The phased approach is designed to allow investment firms more time to implement the changes. But even with the phased in approach, the timescales remain challenging and some investment firms may decide to implement the changes for both new and existing clients at the same time.
Implementation of the changes will be a costly affair for investment firms and must be implemented effectively and within the time limits specified.
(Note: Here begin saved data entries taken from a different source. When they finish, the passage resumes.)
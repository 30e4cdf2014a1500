//! Whole files, over the files of a runtime.

ghost use Rattle.std.specs.Prelude.{◌≡◌, ◌≤◌, length, nat_le, Some, None, string_bytes, IfOk, IfSome, if◌then◌else◌};
ghost use Rattle.std.specs.Str.{IsAscii};
ghost use Rattle.folder_files.specs.Beside.{path_in};

use object_name::{Bytes, ReadEnd, ReadSource, read_all};
use std::alloc::{AllocError, Global};
use std::fs::File;
use std::io;
use std::io::{ErrorKind, Read};
use std::rt::Files;

/// The path of what stands in a folder.
pub fn path_in(alloc: Global, folder: &str, inside: &[u8]) -> Result<String, AllocError>
    ensures { IsAscii inside.now → IfOk result (λ path. string_bytes path ≡ path_in folder.now inside.now) }
{
    let mut path = format!(in alloc; "{folder}/")?;
    'letters: for letter in inside {
        path.push(char::from(*letter))?;
    }
    Ok(path)
}

/// The bytes of a file, where they are no more than the limit, and else nothing. What leads to no plain file, over links,
/// fails with an error that `is_absent` knows. It is looked at before it is opened, since opening a pipe would wait.
pub fn read_file<R: Files>(
    alloc: Global,
    files: &R,
    path: &str,
    limit: usize,
) -> io::Result<Option<Bytes>>
    ensures { IfOk result (λ read. IfSome read (λ bytes. length bytes ≤ limit)) }
{
    if !files.metadata(path)?.is_file() {
        return Err(io::Error::from(ErrorKind::NotFound));
    }
    read_bytes(alloc, File::open(files, path)?, limit)
}

/// The bytes that a reader has, where they are no more than the limit.
fn read_bytes<F: Read + Drop>(alloc: Global, reader: F, limit: usize) -> io::Result<Option<Bytes>>
    ensures exact { IfOk result (λ read. IfSome (F.remaining reader) (λ all. read ≡ (if nat_le (length all) limit then Some all else None))) }
    ensures short { IfOk result (λ read. IfSome read (λ bytes. length bytes ≤ limit)) }
{
    match read_all(alloc, &mut ReadSource::new(reader), limit) {
        Ok(bytes) => Ok(Some(bytes)),
        Err(ReadEnd::TooLong) => Ok(None),
        Err(ReadEnd::Failed) => Err(io::Error::from(ErrorKind::Other)),
        Err(ReadEnd::Memory) => Err(io::Error::from(ErrorKind::OutOfMemory)),
    }
}

/// Removes what stands at a path, but for a folder.
pub fn remove_file<R: Files>(files: &R, path: &str) -> io::Result<()> {
    files.remove_file(path)
}

/// Whether an error says that a path leads to no plain file: nothing stands there, it is a folder or passes through a file,
/// the system has no names that long, or the links go round.
pub fn is_absent(error: &io::Error) -> bool {
    matches!(
        error.kind(),
        ErrorKind::NotFound
            | ErrorKind::NotADirectory
            | ErrorKind::IsADirectory
            | ErrorKind::InvalidFilename
            | ErrorKind::FilesystemLoop
    )
}
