//! Files that take the places of others.

ghost use Rattle.std.specs.Prelude.{◌≡◌, ◌≢◌, ℕ, List, string_bytes, IfOk};
ghost use Rattle.std.specs.Str.{IsAscii};
ghost use Rattle.folder_files.specs.Beside.{path_in, name_beside};

use crate::whole_file::is_absent;
use std::alloc::{AllocError, Global};
use std::fs::{OpenFile, OpenOptions, Permissions};
use std::io::{ErrorKind, Write};
use std::os::unix::fs::{OpenOptionsExt, PermissionsExt};
use std::rt::Files;
use std::{fs, io};

/// How many names are tried for a file that is written beside others.
const MAX_TRIES: u32 = 65_536;

/// Writes files for a process. Each is written beside the one that it replaces, under a name that no file has yet, and then
/// takes its place, so that a file is whole at each moment, whoever else writes it.
#[derive(Debug, Drop)]
pub struct FileWriter {
    process: u32,
    named: u64,
}

/// A file that is written beside others.
#[derive(Drop)]
struct FileBeside<F> {
    path: String,
    file: F,
}

impl FileWriter {
    /// A writer for the process with this number.
    pub fn new(process: u32) -> Self {
        FileWriter { process, named: 0 }
    }

    /// Puts bytes in the place of a file, which keeps its permissions, and makes the folder that it stands in where that is
    /// missing. A link is replaced, and not what it leads to. What is left of a failed write is removed.
    pub fn replace<R: Files>(
        &mut self,
        alloc: Global,
        files: &R,
        folder: &str,
        path: &str,
        bytes: &[u8],
    ) -> io::Result<()> {
        let permissions = permissions_at(files, path)?;
        let beside = self.file_beside(alloc, files, folder, permissions.as_ref())?;
        let FileBeside { path: new, file } = beside;
        let done = finish(files, file, permissions, bytes, new.as_str(), path);
        if done.is_err() {
            let _ = files.remove_file(new.as_str());
        }
        done
    }

    /// A new file beside others. Where its name is taken, as by what a program that was killed has left, the next is tried.
    fn file_beside<R: Files>(
        &mut self,
        alloc: Global,
        files: &R,
        folder: &str,
        permissions: Option<&Permissions>,
    ) -> io::Result<FileBeside<R::File>> {
        for _ in 0..MAX_TRIES {
            let path = path_beside(alloc, folder, self.process, self.named)?;
            self.named = self.named.wrapping_add(1);
            match new_file(files, folder, path.as_str(), permissions) {
                Ok(file) => return Ok(FileBeside { path, file }),
                Err(error) if error.kind() == ErrorKind::AlreadyExists => {}
                Err(error) => return Err(error),
            }
        }
        Err(io::Error::from(ErrorKind::AlreadyExists))
    }
}

/// The path of a file that a process writes beside others. Nothing that has ASCII for its path in the folder stands there.
fn path_beside(alloc: Global, folder: &str, process: u32, named: u64) -> Result<String, AllocError>
    ensures exact { IfOk result (λ path. string_bytes path ≡ path_in folder.now (name_beside process named)) }
    ensures apart { (inside : List ℕ) → IsAscii inside → path_in folder.now (name_beside process named) ≢ path_in folder.now inside }
{
    format!(in alloc; "{folder}/·{process}.{named}")
}

/// The permissions of the plain file at a path, if there is one.
fn permissions_at<R: Files>(files: &R, path: &str) -> io::Result<Option<Permissions>> {
    match files.metadata(path) {
        Ok(metadata) if metadata.is_file() => Ok(Some(metadata.permissions())),
        Ok(_) => Ok(None),
        Err(error) if is_absent(&error) => Ok(None),
        Err(error) => Err(error),
    }
}

/// A file that wasn't there, in a folder that is made where it is missing.
fn new_file<R: Files>(
    files: &R,
    folder: &str,
    path: &str,
    permissions: Option<&Permissions>,
) -> io::Result<R::File> {
    let mut options = OpenOptions::new();
    options.write(true).create_new(true);
    if let Some(permissions) = permissions {
        // No more than this before all of it is set.
        options.mode(permissions.mode());
    }
    match options.open(files, path) {
        Err(error) if error.kind() == ErrorKind::NotFound => {
            fs::create_dir_all(files, folder)?;
            options.open(files, path)
        }
        made => made,
    }
}

/// Fills a file that was made beside others, and puts it in the place of one.
fn finish<R: Files>(
    files: &R,
    mut file: R::File,
    permissions: Option<Permissions>,
    bytes: &[u8],
    beside: &str,
    path: &str,
) -> io::Result<()> {
    if let Some(permissions) = permissions {
        file.set_permissions(permissions)?;
    }
    file.write_all(bytes)?;
    drop(file);
    files.rename(beside, path)
}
Fines for non-compliance with the rules are likely to be tough and there is likely to be little sympathy for misinterpretations of the rules or for non compliance within the deadlines.
This client alert highlights some of the key forthcoming provisions that will, for most affected investment firms, necessitate changes to their internal policies and client facing documentation.
Changes applicable to both client money and custody assets Whilst the rules in many instances will provide for more stringent conditions to be observed by investment firms, certain sections of the CASS rules are being liberalised.
Investment firms will be permitted to transfer unclaimed client money or custody assets to a registered charity if there has been no activity on the client’s account for at least six years for a bank account and more than twelve years for a custody account. The investment firm must take reasonable steps to return the unclaimed assets to the client and if such attempts are unsuccessful then it will be allowed give the proceeds to a registered charity. This change helps deal with unclaimed client funds, such as dividends on shares or manufactured income from stocklending activities and stops investment firms holding them as client money indefinitely.
From 1 December 2014, an investment firm will have a number of methods at their disposal to transfer client money to a third party during the course of the firm transferring its business, thereby ensuring that the money in question will cease to be client money. To do so, it may either (i) obtain consent from each affected client; or (ii) provide for such a right in its terms of business. Consent will not be required where the monies held amount to less than £25 for a retail client and £100 for other clients but where there is a right in the terms of business or this de minimis carve out is relied upon the FCA must be notified seven days before and the relevant client seven days after the transfer.
Modified client money rules A number of CASS rules have been amended to strengthen protections afforded to clients by requiring investment firms to segregate client money. In particular:
- Under the so called "normal approach" each investment firm will be obliged to ensure that the client money it receives is paid directly into the client's bank account held with a CRD credit institution, a qualifying money market fund or other eligible institution specified in CASS, rather than first receiving the client money into its own account and then segregating it before it is paid to the credit institution. Under certain limited circumstances, where the use of the normal approach could lead to significant operational risks to client money protection for a particular business line of an investment firm (e.g. due to the complexity of client transactions), an "alternative approach" may be used, where the client money is received into the investment firm's own bank account and then paid over. The ability to use the alternative approach is subject to meeting a number of strict conditions laid out in CASS, including the submission of a written report to the FCA prepared by an independent auditor which addresses ,amongst other things, the suitability of the firm’s systems and controls for the alternative approach.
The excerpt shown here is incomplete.